Photovoltaic device with cable carrying structure

Technical Field

The present invention relates to a photovoltaic device with a cable carrying structure according to the preamble of claim 1.

Background

A large number of cable mechanisms for holding photovoltaic modules or for holding a carrier structure of said photovoltaic modules, so-called panels for photovoltaic modules, are known from the prior art. The task of these mechanisms is to hold the photovoltaic modules in order to generate energy in an optimal way using solar rays. These mechanisms are generally very complex and therefore require a lot of maintenance and are costly in manufacture. Safety precautions and sizing are required in prior art mechanisms to avoid breakage under wind and/or snow loads.

The cable arrangements known today for holding photovoltaic modules generally provide a plurality of cables suspended at a height between the struts, which secure a row of modules in a predetermined orientation, wherein in some cases the orientation can be adjusted with a mechanism, which is generally based on the movement of the cable connected to the module.

In many cases, a plurality of modules are secured to a rigid frame and the frame is then held by cables.

However, three-dimensional orientation is complex, where multiple cables and multiple fixation sites are required.

The predefined orientation is vulnerable to weather, for example in wind and snow, since in order to avoid high wind loads the orientation should be as horizontal as possible, whereas in order to reduce snow loads the orientation should be as vertical as possible.

Therefore, a system that cannot pivot is not possible to meet both requirements.

On the other hand, due to the limited relative rotatability, a system capable of adjusting the orientation can only partially meet the requirements, and the system is complex and susceptible.

Furthermore, systems with rigid orientation of the modules are also sensitive to periodic oscillations caused by wind loads, which oscillations are caused by resonance and may lead to significant damage.

From EP2476140 a photovoltaic device is known, which is formed from a plurality of photovoltaic modules on at least two carrier cables which are parallel to one another and are tensioned between two anchor points, wherein the photovoltaic modules are carried by brackets or by holders which are arranged completely above the cables, wherein the brackets or holders consist of at least one frame which is rigid in the transverse direction and one frame which is rigid in the longitudinal direction and are anchored to the carrier cables by means of clamps.

In this publication there are a plurality of cables spaced apart from each other, which rigidly carry and orient the modules, and thus there is a risk of the modules breaking under wind load.

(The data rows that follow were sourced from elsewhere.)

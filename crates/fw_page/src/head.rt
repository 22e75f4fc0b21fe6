//! What each page begins with. Made by `tools/page/build_head.py --write`; its `--check` compares.

/// Styles, the viewer, and the beginning of the element of lines.
pub const HEAD: &str = r##"<!DOCTYPE html>
<html lang="en">
<head>
<meta charset="utf-8">
<meta name="viewport" content="width=device-width, initial-scale=1">
<meta http-equiv="Content-Security-Policy"
  content="default-src 'none'; style-src 'sha256-mcRHP7wgDlZhCg1Qg+MQ/o8cOJH9p+efm5642Ksy9Mw=' 'sha256-s0koKUXeJyNsS/oXBQx67lifMEXEFyW9OTt7RjxzekQ='; script-src 'sha256-6Djm222alCVt5aYxen74GQu56EXwa86iuD1xMnAl6Sc='">
<title>A FireWire bus, from its log</title>
<style>
/* Colours, in light and in dark, and what all parts share. */
 :root {
  color-scheme: light dark; --bg: #fff; --soft: #f4f6f9; --ink: #1a222d; --dim: #586474;
  --line: #c3cad4; --life: #8e98a6; --read: #677384; --swap: #1f56c4; --write: #08707a; --bid: #7637b8;
  --ok: #15763a; --bad: #c01f2c; --warn: #935800; --hold: #2c68d8; --manager: #ffd98a;
  --select: #e3ecfb; --hit: #fff1b5; --shade: #0002; }
 @media (prefers-color-scheme: dark) {
  :root { --bg: #14181d; --soft: #1c2128; --ink: #e3e8ee; --dim: #9aa6b5; --line: #353d48; --life: #6c7786;
    --read: #97a3b3; --swap: #7fabff; --write: #45c5cb; --bid: #c79dff; --ok: #4cc97c; --bad: #ff7a80; --warn: #efb040;
    --hold: #5d97f6; --manager: #8a5c00; --select: #22344f; --hit: #4b3d0b; --shade: #0008; } }
* { box-sizing: border-box; }
html, body { height: 100%; overflow: hidden; }
body {
  margin: 0; background: var(--bg); color: var(--ink);
  font: 13px/18px system-ui, "Segoe UI", "DejaVu Sans", sans-serif; }
[hidden] { display: none !important; }
#app { display: flex; flex-direction: column; height: 100vh; height: 100dvh; overflow: hidden; }
#reading, noscript p { margin: 24px; }
.unseen { position: absolute; width: 1px; height: 1px; overflow: hidden; clip-path: inset(50%); }
 :focus-visible { outline: 2px solid var(--hold); outline-offset: 1px; }
#view:focus-visible { outline: none; }
code, .word, pre { font: 12px/18px ui-monospace, "SF Mono", Menlo, Consolas, "DejaVu Sans Mono", monospace; }

/* The bar, and the overview below it. */
#bar {
  display: flex; flex-wrap: wrap; align-items: center; gap: 6px 10px; padding: 6px 12px; background: var(--soft);
  border-bottom: 1px solid var(--line); }
#bar select, #bar input, #bar button, #bar summary {
  font: inherit; color: inherit; background: var(--bg); border: 1px solid var(--line); border-radius: 5px;
  height: 26px; padding: 0 8px; }
#bar summary { display: flex; align-items: center; gap: 5px; cursor: pointer; user-select: none; list-style: none; }
#bar summary::-webkit-details-marker { display: none; }
#bar summary::after { content: ""; border: 4px solid transparent; border-top-color: var(--dim); margin: 4px 0 0 2px; }
#bar button { cursor: pointer; }
#bar button[aria-pressed="true"], #bar .on { background: var(--select); border-color: var(--hold); }
#resets { width: 216px; }
.group { display: inline-flex; align-items: center; gap: 2px; }
#query { width: 176px; }
#found { min-width: 62px; padding: 0 4px; color: var(--dim); font-variant-numeric: tabular-nums; text-align: right; }
#finder button { padding: 0 7px; }
#troubles { color: var(--bad); }
#where { margin-left: auto; font-variant-numeric: tabular-nums; white-space: nowrap; }
#where b { font-weight: 600; }
#where span, #between span { color: var(--dim); }
#between { font-variant-numeric: tabular-nums; white-space: nowrap; }
#between:empty { display: none; }
#bar details { position: relative; }
.card {
  position: absolute; z-index: 9; top: 30px; left: 0; max-height: 76vh; overflow: auto; padding: 12px 16px;
  background: var(--bg); border: 1px solid var(--line); border-radius: 8px; box-shadow: 0 6px 24px var(--shade); }
#filters { display: grid; gap: 5px; width: 264px; }
#filters label { display: flex; gap: 8px; align-items: center; }
#filters input { height: auto; }
#key { position: fixed; left: auto; right: 12px; top: auto; margin-top: 4px; }
#filters label > span:last-child { margin-left: auto; color: var(--dim); font-variant-numeric: tabular-nums; }
#filters select { flex: 1; }
#filters hr, #panel hr { width: 100%; border: 0; border-top: 1px solid var(--line); margin: 4px 0; }
#key {
  width: min(720px, 92vw); display: grid; grid-template-columns: repeat(auto-fill, minmax(310px, 1fr)); gap: 4px 22px;
}
#key div { display: flex; gap: 10px; align-items: center; }
#key svg { flex: none; }
#key h3 { grid-column: 1 / -1; margin: 6px 0 0; font-size: 12px; color: var(--dim); }
kbd {
  font: 11px/16px ui-monospace, "DejaVu Sans Mono", monospace; border: 1px solid var(--line);
  border-bottom-width: 2px; border-radius: 4px; padding: 0 5px; background: var(--soft); white-space: nowrap; }
#overview {
  flex: none; display: block; width: 100%; height: 20px; cursor: pointer; background: var(--bg);
  border-bottom: 1px solid var(--line); }

/* The heads of columns, and rows. */
#heads {
  flex: none; position: relative; height: 50px; overflow: hidden; background: var(--bg);
  border-bottom: 1px solid var(--line); box-shadow: 0 1px 4px var(--shade); z-index: 2; }
#heads > svg { position: absolute; top: 0; }
#work { flex: 1; display: flex; min-height: 0; }
#view { flex: 1; min-width: 0; overflow: auto; position: relative; overflow-anchor: none; }
#sheet { position: relative; }
.row { position: absolute; left: 0; width: 100%; overflow: hidden; cursor: default; }
.row > * { position: absolute; top: 0; }
.row .number {
  left: 0; width: 46px; text-align: right; color: var(--dim); text-decoration: none; font-size: 12px;
  line-height: 26px; font-variant-numeric: tabular-nums; }
.row .number:hover { text-decoration: underline; }
.row .cycle {
  left: 46px; width: 68px; text-align: right; font-size: 12px; line-height: 26px; font-variant-numeric: tabular-nums;
  white-space: nowrap; }
.row .same { color: transparent; }
.row:hover .same, .row.selected .same { color: var(--dim); }
.row .net { left: 120px; }
.row .words {
  left: calc(126px + var(--columns)); right: calc(var(--strip) + 14px); line-height: 26px; white-space: nowrap;
  overflow: hidden; text-overflow: ellipsis; }
.row .strip { right: 0; }
.row:hover { background: var(--soft); }
.row.red { box-shadow: inset 3px 0 var(--bad); }
.row.amber { box-shadow: inset 3px 0 var(--warn); }
.row.hit { background: var(--hit); }
.row.selected { background: var(--select); }
.row.mark::after {
  content: "marked"; position: absolute; right: calc(var(--strip) + 8px); top: 5px; font-size: 10px;
  line-height: 16px; padding: 0 5px; border-radius: 8px; background: var(--hold); color: var(--bg); }
.words b { font-weight: 600; }
.words .word, .quiet { color: var(--dim); }
.words > * + * { margin-left: 7px; }
.verb { display: inline-block; min-width: 34px; color: var(--tone); font-weight: 600; }
.read { --tone: var(--read); }
.swap { --tone: var(--swap); }
.write { --tone: var(--write); }
.bid { --tone: var(--bid); }
.stream { --tone: var(--hold); } .note { --tone: var(--ink); }
.yes { color: var(--ok); font-weight: 600; }
.no { color: var(--bad); font-weight: 600; }
.hm { color: var(--warn); font-weight: 600; }
#view .change {
  top: 4px; right: calc(var(--strip) - 2px); font-size: 11px; padding: 0 5px; border-radius: 4px; color: var(--ink);
  background: var(--soft); }
.gap .words { color: var(--dim); font-style: italic; }
.gap:hover, .top:hover { background: none; }
.script .words { font: 12px/20px ui-monospace, "DejaVu Sans Mono", monospace; color: var(--ink); }
.script .number { line-height: 20px; color: var(--dim); }
.script { background: color-mix(in srgb, var(--soft) 70%, transparent); }
.script .comment { color: var(--dim); font-style: italic; }

/* Bus resets, and the head of the page. */
.reset { border-top: 1px solid var(--line); background: var(--bg); }
.reset:hover { background: var(--bg); }
.reset.selected { background: var(--bg); box-shadow: inset 3px 0 var(--hold); }
.reset h2 {
  left: 16px; right: calc(var(--strip) + 14px); margin: 0; top: 8px; font-size: 15px; line-height: 22px;
  white-space: nowrap; overflow: hidden; text-overflow: ellipsis; }
.reset h2 small { font-size: 12.5px; font-weight: 400; color: var(--dim); margin-left: 10px; }
.reset h2 a { color: inherit; text-decoration: none; }
.reset button {
  font: 11px/16px system-ui, sans-serif; color: var(--dim); background: none; border: 1px solid var(--line);
  border-radius: 4px; margin-left: 10px; cursor: pointer; vertical-align: 2px; }
.folded h2 { top: 4px; font-size: 13px; }
.top { padding: 12px 16px 14px; }
.top > * { position: static; }
.probe { position: relative; visibility: hidden; }
.top h1 { font-size: 19px; line-height: 26px; margin: 0 0 2px; }
.top p { margin: 1px 0; max-width: 1100px; }
.top .end { display: flex; flex-wrap: wrap; gap: 2px 18px; }
.top button {
  font: inherit; color: var(--swap); background: none; border: 0; padding: 0; text-decoration: underline;
  cursor: pointer; }

/* The panel. */
#panel {
  position: relative; flex: none; width: 352px; overflow: auto; border-left: 1px solid var(--line);
  background: var(--bg); padding: 12px 14px 24px; }
#panel h2 { margin: 0 28px 2px 0; font-size: 15px; line-height: 20px; }
#panel h3 {
  margin: 14px 0 3px; font-size: 11px; line-height: 16px; text-transform: uppercase; letter-spacing: .05em;
  color: var(--dim); font-weight: 600; }
#panel .words { margin: 4px 0; }
#panel p { margin: 2px 0; overflow-wrap: anywhere; }
#panel table { border-collapse: collapse; width: 100%; }
#panel td, #panel th {
  text-align: left; font-weight: 400; vertical-align: top; padding: 1px 8px 1px 0;
  border-bottom: 1px solid var(--soft); overflow-wrap: anywhere; }
#panel th { color: var(--dim); width: 38%; }
#panel pre {
  white-space: pre-wrap; overflow-wrap: anywhere; margin: 0; font-size: 11px; line-height: 16px; color: var(--dim); }
#panel a { color: var(--swap); }
#panel summary { cursor: pointer; overflow-wrap: anywhere; }
#panel .tools { display: flex; flex-wrap: wrap; gap: 6px; margin: 8px 0 0; }
#panel button {
  font: inherit; font-size: 12px; color: inherit; background: var(--soft); border: 1px solid var(--line);
  border-radius: 5px; padding: 1px 8px; cursor: pointer; }
#panel #close { position: absolute; right: 10px; top: 10px; }

/* What is drawn: SVG. */
svg { overflow: hidden; display: block; }
svg text { font: 11px system-ui, "DejaVu Sans", sans-serif; fill: var(--ink); }
svg .name { font-weight: 600; font-size: 11.5px; }
svg .small { font-size: 10px; fill: var(--dim); }
svg .middle { text-anchor: middle; } svg .end { text-anchor: end; } .reset .net { overflow: visible; }
.life { stroke: var(--life); stroke-width: 1; }
.dead { stroke: var(--bad); stroke-width: 3; stroke-dasharray: 2 3; }
.deaf { stroke: var(--warn); stroke-width: 3; stroke-dasharray: 1 3; }
.talks { fill: var(--hold); } .hears { fill: var(--write); }
.arrow { fill: none; stroke: var(--tone); stroke-width: 1.8; }
.late { stroke-dasharray: 5 3; }
.head { fill: var(--tone); stroke: none; }
.head.yes { fill: var(--ok); } .head.no { fill: var(--bad); }
.cross { fill: none; stroke: var(--bad); stroke-width: 2.2; }
.waiting { fill: var(--tone); opacity: .45; }
.pipe { fill: none; stroke: var(--hold); stroke-width: 5; } .pipe-in { fill: none; stroke: var(--bg); stroke-width: 2; }
.sign { fill: var(--bg); stroke: var(--ink); stroke-width: 1.4; } .sign.manager { fill: var(--manager); }
.blank { fill: var(--bg); } .point { fill: var(--life); }
.cable { fill: none; stroke: var(--ink); }
.lane-line { stroke: var(--line); stroke-width: 1; }
.units-room { fill: var(--soft); } .units { fill: var(--hold); opacity: .5; }
.connected { fill: var(--hold); }
.pending { fill: url(#p-pending); stroke: var(--warn); stroke-width: 1; }
.orphaned { fill: url(#p-orphaned); stroke: var(--bad); stroke-width: 1; }
.continues { fill: url(#p-continues); }
.reclaimable { fill: url(#p-reclaimable); }
.taken { fill: url(#p-taken); stroke: var(--hold); stroke-width: 1; }
.unseen-taken { fill: url(#p-unseen); stroke: var(--dim); stroke-width: 1; }
.dot { fill: var(--hold); stroke: var(--bg); }
.icon-ok { fill: var(--ok); }
.icon-no { fill: var(--bad); }
.icon-hm { fill: var(--warn); }
.icon-note { fill: var(--dim); }
.icon-line { fill: none; stroke: var(--bg); stroke-width: 1.8; }

/* No room for the panel at the side: it goes below. */
 @media (max-width: 1000px) {
  #resets { width: 170px; } #query { width: 140px; } #found { min-width: 0; }
  #work { flex-direction: column; }
  #panel { width: auto; height: 46%; border-left: 0; border-top: 2px solid var(--line); }
}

EP3683960 discloses a photovoltaic system having photovoltaic modules, which are arranged substantially vertically, in particular double-sided photovoltaic modules, i.e. energy from solar rays is extracted on both sides of the photovoltaic modules. In this way, both the front and back sides of the photovoltaic module can be illuminated by the sun. The photovoltaic modules may be arranged substantially in a north-south direction, thereby enabling the capture of solar rays from both the east and west.

An outdoor photovoltaic system is known from DE102008059858, in which a cable-like tensioning element is arranged between at least two holding devices. The solar panel is arranged on the cable-like tensioning element via a fastening element on the rear side of the solar panel. This type of panel receives solar rays on only one side due to the orientation and the pronounced shading on the back side. In order to hold the panel in the predetermined angle, the frame must extend deep under the cables and be constructed heavy in this area. Due to the relatively centered position of the cables with respect to the module surface and the large frame mass required, the system is easily excited to vibrations in the wind and is also subjected to large wind and snow loads due to the large projected area.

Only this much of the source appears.